My best guess is that there is a runtime library required by serialport that is not present in the run image. This seems suspicious given that you said it builds fine on your local workstation. Can you try pulling the latest versions of the base images you’re using from the registry to verify that they’re the same?

Thanks,
James.

My concern is that when it builds on my local workstation it uses local node bindings to map the serialport javascript code with the appropriate C code instead of the ones for the pi. Is that possible?

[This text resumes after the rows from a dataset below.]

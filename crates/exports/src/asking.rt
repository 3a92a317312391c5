// What can be asked, as numbers. Where a question is refused, what was lent for the reply stays as it was.
ghost use Rattle.std.specs.Prelude.{◌≡◌, ℕ, List, length};
ghost use Rattle.refusals.specs.Refusals.{refusal_in};
ghost use Rattle.window.specs.Runs.{asked_of, buffer_after};
ghost use Rattle.book.specs.Asking.{inside_for, order_asked};
ghost use Rattle.book_room.specs.Room.{insides_in, rule_number};
ghost use Rattle.session.specs.Meaning.{apart_in, held, rule_in, tables_in, Ruled};
ghost use Rattle.session.specs.Asking.{gap_from, gaps_of, line_in, lowest_number};
ghost use Rattle.session.specs.declared.state.Session.{Session as Table};
ghost use Rattle.single.specs.Over.{over};
ghost use Rattle.single.specs.Told.{number_told};
ghost use Rattle.exports.specs.Told.{gap_numbers, inside_numbers, inside_told, numbers_in, order_numbers};

use book::lookup::{back, front};
use book::tables::{Inside, Order};
use book_room::finding::found;
use book_room::room::{HELD, LIVE, Room};
use fields::id::value;
use refusals::Refusal;
use session::state::Session;
use single::telling::{count, tell};
use window::places::Window;

// Told are next, end, how many orders are live and insides held, the code of the last Trading Session, and of the
// faults the first one's number, their count and the first one's reason.
pub fn jangsebit_numbers(room: &Room, told: &mut [u64; 8])
    ensures { told.new ≡ over (numbers_in room.now) told.old }
{
    let next = session::asking::next(room);
    let end = session::asking::end(room);
    let live = room[LIVE];
    let held = room[HELD];
    let code = session::asking::code(room);
    let faults = session::asking::faults(room);
    told[0] = next;
    told[1] = end;
    told[2] = live;
    told[3] = held;
    told[4] = code;
    told[5] = faults.number;
    told[6] = faults.count;
    told[7] = faults.reason;
}

// The lowest number that no accepted packet has carried.
pub fn jangsebit_lowest(room: &Room, window: &Window) -> u64
    requires { (session : Table) × Ruled (held session room.now window.now) }
    ensures { result ≡ lowest_number (line_in room.now window.now) }
{
    session::asking::lowest(room, window)
}

// The rule that the opening chose for types that are not in the table: 0 by default, 1 for the strict one.
pub fn jangsebit_rule(room: &Room) -> u64
    ensures { result ≡ rule_number (rule_in room.now) }
{
    session::asking::rule(room) as u64
}

// How many messages of such a type were counted apart.
pub fn jangsebit_unlisted(room: &Room) -> u64
    ensures { result ≡ apart_in room.now }
{
    session::asking::unlisted(room)
}

pub fn order_numbers(order: Order) -> [u64; 8]
    ensures { result ≡ order_numbers order }
{
    let firm = order.firm;
    let symbol = order.symbol;
    [
        order.id,
        order.price,
        order.shares as u64,
        wire::number_at::<u32>(&firm, 0) as u64,
        front(symbol),
        back(symbol),
        order.side as u64,
        order.unsolicited as u64,
    ]
}

// As `session::asking::order` answers, which takes the session by value: here each question would copy 256 orders.
pub fn order(session: &Session, room: &Room, id: &[u8; 14]) -> Result<Order, Refusal>
    requires { (window : List ℕ) × Ruled (held session.now room.now window) }
    ensures { result ≡ order_asked (tables_in session.now room.now) id.now }
{
    let key = value(*id)?;
    let Some(place) = found(room, key) else {
        return Err(Refusal::NotThere);
    };
    Ok(session.orders[place])
}

fn inside_numbers(inside: Inside) -> [u64; 6]
    ensures { result ≡ inside_numbers inside }
{
    [
        inside.ask,
        inside.bid,
        inside.time,
        inside.askvolume,
        inside.bidvolume,
        inside.unsolicited as u64,
    ]
}

// The inside of a symbol: ask, bid, time, the volumes of both, unsolicited. The answer is the refusal: 12 where the
// symbol breaks its rule, 13 where no inside of it is held, else 0.
pub fn jangsebit_inside(room: &Room, symbol: &[u8; 14], told: &mut [u64; 6]) -> u64
    requires { (session : Table) × (window : List ℕ) × Ruled (held session room.now window) }
    ensures refusal { result ≡ refusal_in (inside_for (insides_in room.now) symbol.now) }
    ensures told { told.new ≡ inside_told (inside_for (insides_in room.now) symbol.now) told.old }
{
    let answer = session::asking::inside(room, *symbol);
    tell(told, answer.map(inside_numbers))
}

// The requests for all that is missing, into a buffer; told is how many. The answer is the refusal: 11 where the
// buffer is too short, and then it stays as it was, else 0.
pub fn jangsebit_requests(room: &Room, window: &Window, buf: &mut [u8], told: &mut [u64; 1]) -> u64
    requires { (session : Table) × Ruled (held session room.now window.now) }
    ensures refusal { result ≡ refusal_in (asked_of (gaps_of (line_in room.now window.now)) (length buf.old)) }
    ensures buffer { buf.new ≡ buffer_after (gaps_of (line_in room.now window.now)) buf.old }
    ensures told { told.new ≡ number_told (asked_of (gaps_of (line_in room.now window.now)) (length buf.old)) told.old }
{
    let asked = session::asking::requests(room, window, buf);
    tell(told, asked.map(count))
}

// The first run of missing numbers from a number on: its start, and its count, 0 where there is none.
pub fn jangsebit_gap(room: &Room, window: &Window, from: u64, told: &mut [u64; 2])
    requires { (session : Table) × Ruled (held session room.now window.now) }
    ensures { told.new ≡ over (gap_numbers (gap_from (line_in room.now window.now) from)) told.old }
{
    let gap = session::asking::gap(room, window, from);
    told[0] = gap.start;
    told[1] = gap.count;
}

I’ve been building using the push model and it’s fine, except I would like to use build arguments which the push model doesn’t support.

Hi

balena build does indeed cross-compile, if provided with the --emulated flag, for example when building for the pi on an amd64 machine

Can you please double check you’re adding the --emulated flag to balena build? eg: balena build -a <app> --emulated

Regards

federico

Sorry about late response. Using the --emulated flags seems to not make any difference. I still get the same binding errors.

Hi @0xff,

So given you’re copying the node_modules directory in completeness, I’ve a suspicion that this comes down to the way balena push deals with the build and that maybe you’ve got a node-gyp built binding in the node_modules directory that’s for the wrong architecture.

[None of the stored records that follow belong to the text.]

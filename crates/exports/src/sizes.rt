// What a host must hold, and the constants that it works with.
ghost use Rattle.std.specs.Prelude.{◌≡◌};
ghost use Rattle.exports.specs.Sizes.{size_numbers};

use session::state::Session;

// The bytes of one order and of one number; both lie at a multiple of a number's.
const ORDER: usize = 40;

const NUMBER: usize = 8;

const SIZES: [u64; 12] = [
    (Session::ORDERS * ORDER) as u64,
    NUMBER as u64,
    (Session::ROOM * NUMBER) as u64,
    NUMBER as u64,
    Session::PLACES as u64,
    1,
    Session::ORDERS as u64,
    Session::INSIDES as u64,
    Session::WINDOW as u64,
    Session::SHORTEST as u64,
    Session::LONGEST as u64,
    Session::MOST as u64,
];

// Bytes and alignment of the orders, of the room and of the window; how many orders can be live, insides held and
// numbers waited for; the bytes of a packet, at least and at most, and of a message at most.
pub fn jangsebit_sizes(told: &mut [u64; 12])
    ensures { told.new ≡ size_numbers }
{
    *told = SIZES;
}
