// Keeping packets: nothing is applied, and no order is needed.
ghost use Rattle.std.specs.Prelude.{◌≡◌, length};
ghost use Rattle.merge.specs.State.{keep_one};
ghost use Rattle.session.specs.Meaning.{held, overnight, rep, view, Ruled};
ghost use Rattle.session.specs.Asking.{line_in};
ghost use Rattle.session.specs.declared.state.Session.{Session};
ghost use Rattle.session_keeping.specs.Keeping.{answers_kept, burst_kept, kept_of};
ghost use Rattle.exports.specs.Handed.{taken_told};
ghost use Rattle.refusals.specs.Refusals.{refusal_in};
ghost use Rattle.single.specs.Told.{number_told};

use crate::taking::tell_all;
use book_room::room::Room;
use session_keeping::keeping::{keep, keep_burst};
use single::telling::{number, tell};
use window::places::Window;

// One packet judged, its messages kept until they are applied. Told is how many of its numbers now wait that did not
// before. The answer is the refusal, 1 to 10, and then nothing has changed, else 0.
pub fn jangsebit_keep(
    room: &mut Room,
    window: &mut Window,
    packet: &[u8],
    told: &mut [u64; 1],
) -> u64
    requires { (session : Session) × Ruled (held session room.old window.old) }
    ensures refusal { result ≡ refusal_in (kept_of (line_in room.old window.old) packet.now) }
    ensures told { told.new ≡ number_told (kept_of (line_in room.old window.old) packet.now) told.old }
    ensures held { (session : Session) → Ruled (held session room.old window.old) → held session room.new window.new ≡ rep (keep_one overnight (view (held session room.old window.old)) packet.now) }
    ensures rule { (session : Session) → Ruled (held session room.old window.old) → Ruled (held session room.new window.new) }
{
    tell(told, keep(room, window, packet).map(number))
}

// The first packets of the lent bytes, each behind its length of 2 bytes: as many as the count says, or all that there
// are, kept and none applied. Four numbers answer each: how many of its numbers now wait that did not before, the
// refusal or 0, then next and end. Told are the refusal, how many packets there were and how many bytes they are; 11
// where the answers to so many do not fit, and then nothing is kept.
pub fn jangsebit_keep_packets(
    room: &mut Room,
    window: &mut Window,
    packets: &[u8],
    count: u64,
    answers: &mut [u64],
    told: &mut [u64; 3],
)
    requires { (session : Session) × Ruled (held session room.old window.old) }
    ensures answers { answers.new ≡ answers_kept (line_in room.old window.old) packets.now count answers.old }
    ensures told { told.new ≡ taken_told 0 count packets.now (length answers.old) told.old }
    ensures held { (session : Session) → Ruled (held session room.old window.old) → held session room.new window.new ≡ rep (burst_kept (view (held session room.old window.old)) packets.now count (length answers.old)) }
    ensures rule { (session : Session) → Ruled (held session room.old window.old) → Ruled (held session room.new window.new) }
{
    let kept = keep_burst(room, window, packets, count as usize, answers);
    tell_all(told, kept.count, kept.bytes);
}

Is there a node_modules/build directory in your node_modules directory? When you originally created the directory, did you just carry out an npm install from the relevant source directory with package.json in it from your development machine or is it populated as part of the initial Dockerfile (it would be useful to see relevant portions of your Dockerfile here)? If the latter, then it should work as long as you’re not switching between base image architectures (for example npm installing using a 64bit Arm image and then copying them into a 32bit Arm image).

Best regards,

Heds

Here’s the entire Dockefile.template:

FROM balenalib/%%BALENA_MACHINE_NAME%%-alpine-python:3.6-build as build

WORKDIR /usr/src/app

COPY /lib/requirements3.txt /lib/requirements3.txt
RUN pip3 install -r /lib/requirements3.txt

RUN apk upgrade --no-cache \
  && apk add --no-cache nodejs npm

# Install the node tools
COPY package.json package.json
RUN npm install && npm cache clean --force && rm -rf /tmp/*

# Install
FROM balenalib/%%BALENA_MACHINE_NAME%%-alpine-python:3.6-run
WORKDIR /usr/src/app

ENV UDEV=1
ENV DBUS_SYSTEM_BUS_ADDRESS=unix:path=/host/run/dbus/system_bus_socket
ENV INITSYSTEM=off

RUN apk upgrade --no-cache \
  && apk add --no-cache  nodejs npm iputils modemmanager networkmanager curl

COPY --from=build /usr/local/lib/python3.6/site-packages /usr/local/lib/python3.6/site-packages
COPY --from=build /usr/src/app/node_modules node_modules

COPY . ./
RUN cp bashRC.txt /root/.bashrc
RUN /bin/mkdir -p /data/config/ /data/logs && touch /data/config/ssid.txt
RUN chmod 700 connectCheck.sh

CMD ["/bin/bash","-c",". cmd.sh"]

Have you tried this with a single-stage build instead?

We started with single-stage builds but the image is excessively large. We cut the size to 1/3 by using the build base image to build the various modules and the run base for the actual image.